I dispute the last 2 days edits to this article: a kernel is not just defined to map two 1-D intervals (a square) to a real. In general, the arguments of the kernel can elements in a measurable set. For example, see [1].

I don't mind using a 1-D interval as an example, but the definitions and theorems in this article should not be limited to 1-D intervals. Right now, the generalization to measurable sets is deferred to the very end, which is very misleading. In general, the kernel trick for the vast majority of cases people are interested in needs to operate on measurable sets (typically R^n) ---hike395 00:33, 13 May 2004 (UTC)



Thanks for the article.
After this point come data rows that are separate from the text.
use crate::patches::patch;
use geom_core::Memory;
use geom_core::limits::PAGE_BYTES;
use page_codec::{Refused, decode_page, digest_of, encode_page};
use std::alloc::Global;
use std::test::Fail;
use two_squares::{two_squares, two_squares_heads};

/// A page that was used before: each of its bytes is 170.
fn used_page() -> [u8; PAGE_BYTES as usize] {
    [170; PAGE_BYTES as usize]
}

/// Page `page` of the two squares, written over old bytes; no bytes if there is no such page.
fn encoded(alloc: Global, page: u32) -> Result<Vec<u8>, Memory> {
    let mut bytes = Vec::new(alloc);
    let dag = two_squares(alloc)?;
    if page < 3 {
        let mut into = used_page();
        encode_page(&dag, page, &mut into);
        bytes.extend_from_slice(&into)?;
    }
    Ok(bytes)
}

/// The digest of the bytes as a text.
fn digest_text(alloc: Global, bytes: &[u8]) -> Result<String, Memory> {
    Ok(hex::encode(alloc, digest_of(bytes).bytes)?)
}

/// The first rule that the bytes of page 1 break and its offset, as a text.
fn broken(alloc: Global, bytes: &[u8]) -> Result<String, Memory> {
    if bytes.len() != PAGE_BYTES as usize {
        return Ok(format!(in alloc; "another length")?);
    }
    let heads = two_squares_heads(alloc)?;
    match decode_page(alloc, bytes, &heads, 1) {
        Ok(_page) => Ok(format!(in alloc; "none")?),
        Err(Refused::Bad(found)) => Ok(format!(in alloc; "{} {}", found.rule, found.offset)?),
        Err(Refused::Memory) => Err(Memory),
    }
}

#[test]
fn pages_are_spelt(rt: HostRuntime) -> Result<(), Fail> {
    // each page's first triangle and the SHA-256 digest of its 65,536 bytes
    let cases = [
        (
            0,
            "08000000000000000000000008000000080000000000000000000000000000000000000001000000",
            "5de01ed330b84eacc504762ce4815caab659dbb9d1c2098309b175a756306c7c",
        ),
        (
            1,
            "00000000000000000000000008000000000000000000000004000000040000000000000000000000",
            "4fb4358b2db991a9f41db61a50a6c849f77373c53bc65896a67edaecf2d5580b",
        ),
        (
            2,
            "10000000000000000000000018000000000000000000000014000000040000000000000004000000",
            "c3658e2287d94f42e2d95eaac892329122f262a6f49d1802097a0039d419c6a5",
        ),
    ];
    for (page, triangle, digest) in cases {
        let bytes = encoded(rt.alloc(), page).map_err(|_| "memory")?;
        assert!(rt; bytes.len() == PAGE_BYTES as usize, "{page}");
        let first = hex::decode(rt.alloc(), triangle).map_err(|_| "hex")?;
        assert!(rt; bytes.starts_with(&first), "{triangle}");
        let told = digest_text(rt.alloc(), &bytes).map_err(|_| "memory")?;
        assert!(rt; told.as_str() == digest, "{told}");
    }
    Ok(())
}

#[test]
fn the_first_broken_rule_is_told(rt: HostRuntime) -> Result<(), Fail> {
    // four triangles, at 0, 40, 80 and 120; the first is (0, 0, 0), (8, 0, 0), (4, 4, 0) with source 0
    let cases = [
        ("0 0", "none"),
        // rule 1, the first x: 2^31 - 1, 2^20, 2^20 + 1, -2^20, -2^20 - 1; the last z: 2^20 + 1
        ("0 255 255 255 127", "1 0"),
        ("0 0 0 16 0", "none"),
        ("0 1 0 16 0", "1 0"),
        ("0 0 0 240 255", "none"),
        ("0 255 255 239 255", "1 0"),
        ("152 1 0 16 0", "1 120"),
        // rule 2: the first corner and the second, the first and the third, the second and the third
        ("12 0", "2 0"),
        ("24 0, 28 0", "2 0"),
        ("24 8, 28 0", "2 0"),
        // rule 3, the last source: 7, 8
        ("156 7", "none"),
        ("156 8", "3 120"),
        // rule 4: the last byte, the first one of the tail, two of them
        ("65535 1", "4 65535"),
        ("160 1", "4 160"),
        ("65535 1, 300 1", "4 300"),
        // two rules in one triangle
        ("8 1 0 16 0, 20 1 0 16 0, 12 0", "1 0"),
        ("12 0, 36 8", "2 0"),
        // a greater rule in an earlier triangle, and any triangle before the tail
        ("36 8, 40 255 255 255 127", "3 0"),
        ("160 1, 156 8", "3 120"),
    ];
    let page = encoded(rt.alloc(), 1).map_err(|_| "memory")?;
    for (changes, want) in cases {
        let mut bytes = Vec::new(rt.alloc());
        bytes.extend_from_slice(&page).map_err(|_| "memory")?;
        if patch(&mut bytes, changes).is_none() {
            return Err("no changes".into());
        }
        let told = broken(rt.alloc(), &bytes).map_err(|_| "memory")?;
        assert!(rt; told.as_str() == want, "{changes}");
    }
    Ok(())
}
The machinery you are talking about deaals with an entirely different subject altogether; that of reproducing kernel Hilbert spaces; the theorems you need are

  • Facts about reproducing kernel Hilbert spaces
  • The spectral theorem for compact operators applied to Hilbert Schmidt operators.
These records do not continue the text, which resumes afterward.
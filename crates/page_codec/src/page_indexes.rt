ghost use Rattle.std.specs.Prelude.{◌≡◌, ◌≤◌, ◌<◌, ◌+◌, ◌^◌, ℕ, All, IfOk, length, slice_index, slice_index_or};
ghost use Rattle.dag_core.specs.Members.{no_group};
ghost use Rattle.dag_core.specs.Ranges.{IsInRange};
ghost use Rattle.page_codec.specs.PageLinks.{IsIndexOf, next_on};

use dag_core::{Group, Heads};
use geom_core::Memory;
use std::alloc::Global;
use std::marker::Model;

/// The groups on each page of some heads: the first one of each page, and the next one after each group. Its memory
/// is four bytes a page and a group.
#[derive(Debug, Drop)]
pub struct PageIndex {
    /// The first group on each page, by the page's number; the number of groups for a page without a group.
    firsts: Vec<u32>,
    /// The next group on a group's page, by the group's number; the number of groups if there is none.
    nexts: Vec<u32>,
}

impl Model for PageIndex {
    ghost use Rattle.page_codec.specs.PageLinks.{PageLinks};

    ghost Value = { PageLinks };

    ghost view = { λ index. record { firsts = index.firsts.items; nexts = index.nexts.items } };
}

impl PageIndex {
    /// Returns the index of the heads' pages, in time in proportion to the groups and the pages.
    pub fn of(alloc: Global, heads: &Heads) -> Result<PageIndex, Memory>
        requires range { IsInRange heads.now }
        ensures index { IfOk result (IsIndexOf heads.now) }
    {
        let groups = heads.groups.as_slice();
        let mut firsts = vec![in alloc; groups.len() as u32; heads.pages as usize]?;
        let mut nexts = vec![in alloc; groups.len() as u32; groups.len()]?;
        link(groups, &mut firsts, &mut nexts);
        Ok(PageIndex { firsts, nexts })
    }

    /// Returns the first group on the page.
    pub(crate) fn first(&self, page: u32) -> u32
        requires page_range { page < length self.now.firsts }
        ensures group { result ≡ slice_index self.now.firsts page }
    {
        self.firsts[page as usize]
    }

    /// Returns the next group after this one on its page.
    pub(crate) fn next(&self, group: u32) -> u32
        requires group_range { group < length self.now.nexts }
        ensures group { result ≡ slice_index self.now.nexts group }
    {
        self.nexts[group as usize]
    }
}

/// Links each group to the next one on its page, the last group first. The tables begin with the number of groups
/// everywhere.
fn link(groups: &[Group], firsts: &mut [u32], nexts: &mut [u32])
    requires group_limit { length groups.now < 2 ^ 32 }
    requires pages { All (λ group. group.page < length firsts.old) groups.now }
    requires nexts { length nexts.old ≡ length groups.now }
    requires none { All (λ first. first ≡ length groups.now) firsts.old }
    ensures first { (p : ℕ) → p < length firsts.new → slice_index firsts.new p ≡ next_on groups.now p 0 }
    ensures next { (g : ℕ) → g < length groups.now → slice_index nexts.new g ≡
        next_on groups.now (slice_index_or groups.now g no_group).page (g + 1) }
{
    let mut g = groups.len();
    'groups: while g > 0 {
        g -= 1;
        let page = groups[g].page as usize;
        nexts[g] = firsts[page];
        firsts[page] = g as u32;
    }
}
Examples of reproducing kernel spaces are spaces of analytic functions, not the only ones

Mercer's theorem is a much older theorem which existed much before reproducing kernel spaces were introduced by Aronszaijn (sp?) and Bergman.

Yes I have seen othre work on learning involvin reproducing kernel Hilbert spaces. We should start an article on that if something doesn't already exist.CSTAR 01:46, 13 May 2004 (UTC)


Contents

[edit] Reproducing kernel Hilbert space

is now an article. I will add more to it subsequently.CSTAR 02:08, 13 May 2004 (UTC)

I don't have access to the original paper by Mercer. Are you saying that he proved the theorem only for 1-D intervals? If so, we need to fix the kernel trick article and not attribute it to Mercer's theorem. This would mean that the article is still somewhat misleading --- the definition of kernel has changed since Mercer's day, and we should use the true, up-to-date definition. -- hike395 02:28, 13 May 2004 (UTC)

I added a representation for an arbitrary continuous kernel on a compact space. As a matter of expository style, I don't recommend putting it befor the more special form, particularly since that form is the one used in represntations of Stochastic processes via Karhunen Loeve. Yes th ekernel trick stuff needs to be fixed. I'll read the article you referenced.CSTAR 02:33, 13 May 2004 (UTC)

I respectfully disagree. Stochastic processes also are not limited to have index sets that are intervals. In Kriging, for example, geostatisticians use Gaussian processes with index sets that are typically in R^2. Machine learning researchers use Gaussian processes have index sets of quite high dimension.
I'll attempt to make the edit, let's see if we can get agreement.

Yes, of course, you are right about stochastic processes on higher index sets, but the more general case of the kernel representation (the correct generalization which is stated further down) is pedagogically more involved needing a measure witt full support. I still insist that pedagogically this approach is clearer.CSTAR 04:12, 13 May 2004 (UTC)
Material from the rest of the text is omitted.